# Agility - One Year Later!



## hotel4dogs (Sep 29, 2008)

wow, that is simply amazing! you two are an awesome team! I'm proud to know you guys!


----------



## RedDogs (Jan 30, 2010)

Horrayy!

A year can sure make a difference. Here's to another good year.


----------



## kgiff (Jul 21, 2008)

That's fantastic! What a great year!


----------



## AmbikaGR (Dec 31, 2007)

Jessica you have a LOT to be proud of!! Congrats on a fabulous year!!


----------



## Jamm (Mar 28, 2010)

Wow Congrats


----------



## esSJay (Apr 13, 2009)

A HUGE congrats to both you and Mira! :yipee: You've both worked so hard all year and it sure has paid off. She always looks so happy when you post pictures of her and it's great to see that she's not only winning but having a blast doing it too!


----------



## FinnTastic (Apr 20, 2009)

Way to go Mira!!!!!!!!


----------



## AmberSunrise (Apr 1, 2009)

Woohoo!! That is awesome


----------



## Titan1 (Jan 19, 2010)

You guys should be very proud! Congrats on a great year...


----------



## sammydog (Aug 23, 2008)

Thanks everyone!! Mira is most certainly happy!

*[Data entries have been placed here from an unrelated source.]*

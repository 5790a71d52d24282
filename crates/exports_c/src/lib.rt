#![tactic(auto)]
// The functions of `exports` under their names for C, each with the contract that it has there. A slice is a
// pointer and a length.
// Kept: one function for each name that C calls, alike as they are; each has the parameters that C gives, the columns
// one by one.
ghost use Rattle.std.specs.Prelude.{◌≡◌};
ghost use Rattle.ebpf.specs.Murmur3.{murmur3};
ghost use Rattle.elf_parser.specs.Names.{section_name, symbol_name, dynamic_symbol_name};
ghost use Rattle.elf_parser.specs.Parse.{parsed};
ghost use Rattle.elf_parser.specs.Records.{section_place_of, symbol_table_of};
ghost use Rattle.hash_table.specs.Find.{find_symbol};
ghost use Rattle.program.specs.Table.{lookup_in, lookup_ascending_in, row_ascending_in, index_ascending_in, slices};
ghost use Rattle.loader.specs.GetBytes.{text_place};
ghost use Rattle.exports.specs.Answers.{Gives, GivesAsked, GivesLoad, text_answer, parse_answer, place_answer, table_answer, symbol_answer, row_answer, word_or_none};
ghost use Rattle.exports.specs.Wrote.{who_wrote_answer, GivesNumbers, GivesLoadWrote};
ghost use Rattle.exports.specs.Depth.{GivesDepth, GivesLoadDepth};
ghost use Rattle.exports.specs.Names.{Named, refusal_name};

// The hash of a name.
#[unsafe(no_mangle)]
pub extern "C" fn sbpf_hash(name: &[u8]) -> u32
    ensures { result ≡ murmur3 name.now }
{
    exports::sbpf_hash(name)
}

// The name of the refusal with a number: its bytes in the lent slice, as many as there is room for and
// zeros behind them, and as the result its whole length, 0 where no refusal has the number.
#[unsafe(no_mangle)]
pub extern "C" fn sbpf_refusal_name(number: u32, name: &mut [u8]) -> u32
    ensures { Named (refusal_name number) name result }
{
    exports::sbpf_refusal_name(number, name)
}

// Where things stand in a file, or why it is refused.
#[unsafe(no_mangle)]
pub extern "C" fn sbpf_parse(file: &[u8], answer: &mut [u64]) -> u32
    ensures { Gives (parse_answer (parsed file.now)) answer result }
{
    exports::sbpf_parse(file, answer)
}

// Where the contents of a section stand.
#[unsafe(no_mangle)]
pub extern "C" fn sbpf_section_place(file: &[u8], index: u32, answer: &mut [u64]) -> u32
    ensures { GivesAsked file (λ f l. place_answer (section_place_of f l index)) answer result }
{
    exports::sbpf_section_place(file, index, answer)
}

// Where the section name at a string offset stands.
#[unsafe(no_mangle)]
pub extern "C" fn sbpf_section_name(file: &[u8], sh_name: u32, answer: &mut [u64]) -> u32
    ensures { GivesAsked file (λ f l. place_answer (section_name f l sh_name)) answer result }
{
    exports::sbpf_section_name(file, sh_name, answer)
}

// Where the symbol name at a string offset stands.
#[unsafe(no_mangle)]
pub extern "C" fn sbpf_symbol_name(file: &[u8], st_name: u32, answer: &mut [u64]) -> u32
    ensures { GivesAsked file (λ f l. place_answer (symbol_name f l st_name)) answer result }
{
    exports::sbpf_symbol_name(file, st_name, answer)
}

// Where the dynamic symbol name at a string offset stands.
#[unsafe(no_mangle)]
pub extern "C" fn sbpf_dynamic_symbol_name(file: &[u8], st_name: u32, answer: &mut [u64]) -> u32
    ensures { GivesAsked file (λ f l. place_answer (dynamic_symbol_name f l st_name)) answer result }
{
    exports::sbpf_dynamic_symbol_name(file, st_name, answer)
}

// Where the symbols of .symtab stand: none where there is no such section.
#[unsafe(no_mangle)]
pub extern "C" fn sbpf_symbol_table(file: &[u8], answer: &mut [u64]) -> u32
    ensures { GivesAsked file (λ f l. table_answer (symbol_table_of f l)) answer result }
{
    exports::sbpf_symbol_table(file, answer)
}

// The dynamic symbol with a name, through the file's hash table: whether there is one, and its number.
#[unsafe(no_mangle)]
pub extern "C" fn sbpf_find_symbol(file: &[u8], name: &[u8], answer: &mut [u64]) -> u32
    ensures { GivesAsked file (λ f l. symbol_answer (find_symbol f l name.now)) answer result }
{
    exports::sbpf_find_symbol(file, name, answer)
}

// The first used row with the key, whatever the five slices hold; at most the rows lent count.
#[unsafe(no_mangle)]
pub extern "C" fn sbpf_lookup(
    keys: &[u32],
    indices: &[u32],
    kinds: &[u32],
    starts: &[u32],
    lengths: &[u32],
    used: u64,
    key: u32,
    answer: &mut [u64],
) -> u32
    ensures { Gives (row_answer (lookup_in (slices keys.now indices.now kinds.now starts.now lengths.now) used key)) answer result }
{
    exports::sbpf_lookup(keys, indices, kinds, starts, lengths, used, key, answer)
}

// The row with the key that a binary search over the used keys comes to: what `sbpf_lookup` answers
// where the rows ascend, as a load leaves them. At most the rows lent count.
#[unsafe(no_mangle)]
pub extern "C" fn sbpf_lookup_ascending(
    keys: &[u32],
    indices: &[u32],
    kinds: &[u32],
    starts: &[u32],
    lengths: &[u32],
    used: u64,
    key: u32,
    answer: &mut [u64],
) -> u32
    ensures { Gives (row_answer (lookup_ascending_in (slices keys.now indices.now kinds.now starts.now lengths.now) used key)) answer result }
{
    exports::sbpf_lookup_ascending(keys, indices, kinds, starts, lengths, used, key, answer)
}

// The index of that row, by the columns of keys and indices alone; the largest word where there is
// none. At most the rows lent count, that is as many as the shorter column has.
#[unsafe(no_mangle)]
pub extern "C" fn sbpf_index_ascending(keys: &[u32], indices: &[u32], used: u64, key: u32) -> u64
    ensures { result ≡ word_or_none (index_ascending_in keys.now indices.now used key) }
{
    exports::sbpf_index_ascending(keys, indices, used, key)
}

// The number of that row, by the column of keys alone; the largest word where there is none. At most
// as many rows count as the column has numbers.
#[unsafe(no_mangle)]
pub extern "C" fn sbpf_row_ascending(keys: &[u32], used: u64, key: u32) -> u64
    ensures { result ≡ word_or_none (row_ascending_in keys.now used key) }
{
    exports::sbpf_row_ascending(keys, used, key)
}

// A load, as `loader::load`, with the settings by their bits.
#[unsafe(no_mangle)]
pub extern "C" fn sbpf_load(
    file: &[u8],
    builtins: &[u32],
    settings: u32,
    image: &mut [u8],
    ro: &mut [u8],
    keys: &mut [u32],
    indices: &mut [u32],
    kinds: &mut [u32],
    starts: &mut [u32],
    lengths: &mut [u32],
    answer: &mut [u64],
) -> u32
    ensures { GivesLoad file builtins settings image ro keys indices kinds starts lengths answer result }
{
    exports::sbpf_load(
        file, builtins, settings, image, ro, keys, indices, kinds, starts, lengths, answer,
    )
}

// Who wrote a byte of the image that a load of this file made, by the words of that load's answer: 0,
// and in the words 4 and 5 the kind of the writer and its number; the load's own refusal; or 45.
#[unsafe(no_mangle)]
pub extern "C" fn sbpf_who_wrote(
    file: &[u8],
    loaded: &[u64],
    offset: u64,
    answer: &mut [u64],
) -> u32
    ensures { Gives (who_wrote_answer file.now loaded.now offset) answer result }
{
    exports::sbpf_who_wrote(file, loaded, offset, answer)
}

// Who wrote each byte, one number a byte of the file.
#[unsafe(no_mangle)]
pub extern "C" fn sbpf_who_wrote_all(
    file: &[u8],
    loaded: &[u64],
    numbers: &mut [u32],
    answer: &mut [u64],
) -> u32
    ensures { GivesNumbers file loaded numbers answer result }
{
    exports::sbpf_who_wrote_all(file, loaded, numbers, answer)
}

// A load, as `sbpf_load`, and who wrote a byte of its image: the words of the load's answer, and behind
// them the writer's two.
#[unsafe(no_mangle)]
pub extern "C" fn sbpf_load_who_wrote(
    file: &[u8],
    builtins: &[u32],
    settings: u32,
    image: &mut [u8],
    ro: &mut [u8],
    keys: &mut [u32],
    indices: &mut [u32],
    kinds: &mut [u32],
    starts: &mut [u32],
    lengths: &mut [u32],
    offset: u64,
    answer: &mut [u64],
) -> u32
    ensures { GivesLoadWrote file builtins settings image ro keys indices kinds starts lengths offset answer result }
{
    exports::sbpf_load_who_wrote(
        file, builtins, settings, image, ro, keys, indices, kinds, starts, lengths, offset, answer,
    )
}

// How deep the profile calls that a load answered for: by the words of that answer, and by the image and
// the columns that it left. 0, and in the word 4 the longest chain from the entry; 41, where `work` has
// fewer numbers than rows are lent; 50, and as the value the index; 51, and as the value the chain.
#[unsafe(no_mangle)]
pub extern "C" fn sbpf_call_depth(
    image: &[u8],
    keys: &[u32],
    indices: &[u32],
    kinds: &[u32],
    starts: &[u32],
    lengths: &[u32],
    loaded: &[u64],
    work: &mut [u32],
    limit: u32,
    answer: &mut [u64],
) -> u32
    ensures { GivesDepth work image (slices keys.now indices.now kinds.now starts.now lengths.now) loaded.now limit answer result }
{
    exports::sbpf_call_depth(
        image, keys, indices, kinds, starts, lengths, loaded, work, limit, answer,
    )
}

// A load, as `sbpf_load`, and how deep the profile calls: the words of the load's answer, and behind
// them the chain. Where the question is refused, the load's words stay behind that refusal.
#[unsafe(no_mangle)]
pub extern "C" fn sbpf_load_call_depth(
    file: &[u8],
    builtins: &[u32],
    settings: u32,
    image: &mut [u8],
    ro: &mut [u8],
    keys: &mut [u32],
    indices: &mut [u32],
    kinds: &mut [u32],
    starts: &mut [u32],
    lengths: &mut [u32],
    work: &mut [u32],
    limit: u32,
    answer: &mut [u64],
) -> u32
    ensures { GivesLoadDepth file builtins settings image ro keys indices kinds starts lengths work limit answer result }
{
    exports::sbpf_load_call_depth(
        file, builtins, settings, image, ro, keys, indices, kinds, starts, lengths, work, limit,
        answer,
    )
}

// Where the text stands among the read-only bytes of a load: by how many bytes are lent that hold
// them, their offset, start and number, and the text's address and length, all but the first from
// the answer of the load.
#[unsafe(no_mangle)]
pub extern "C" fn sbpf_text_place(
    lent: u64,
    ro_offset: u64,
    ro_start: u64,
    ro_length: u64,
    text_addr: u64,
    text_length: u64,
    answer: &mut [u64],
) -> u32
    ensures { Gives (text_answer (text_place lent ro_offset ro_start ro_length text_addr text_length)) answer result }
{
    exports::sbpf_text_place(
        lent,
        ro_offset,
        ro_start,
        ro_length,
        text_addr,
        text_length,
        answer,
    )
}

Here are a few videos, we don't have all the runs on video, the first two are Q's the second two are NQ's


----------



## Maxs Mom (Mar 22, 2008)

OH JESSICA!!!!

I am so happy for you... I just want to cry. You have come a long way with both your dogs, and that says a LOT about you as a handler. 

Congratulations. 

Ann


----------



## sammydog (Aug 23, 2008)

Awww, thanks Ann! You are too sweet!


----------



## Augie's Mom (Sep 28, 2007)

Congratulations, how impressive!!!

Mira is just beaming!


----------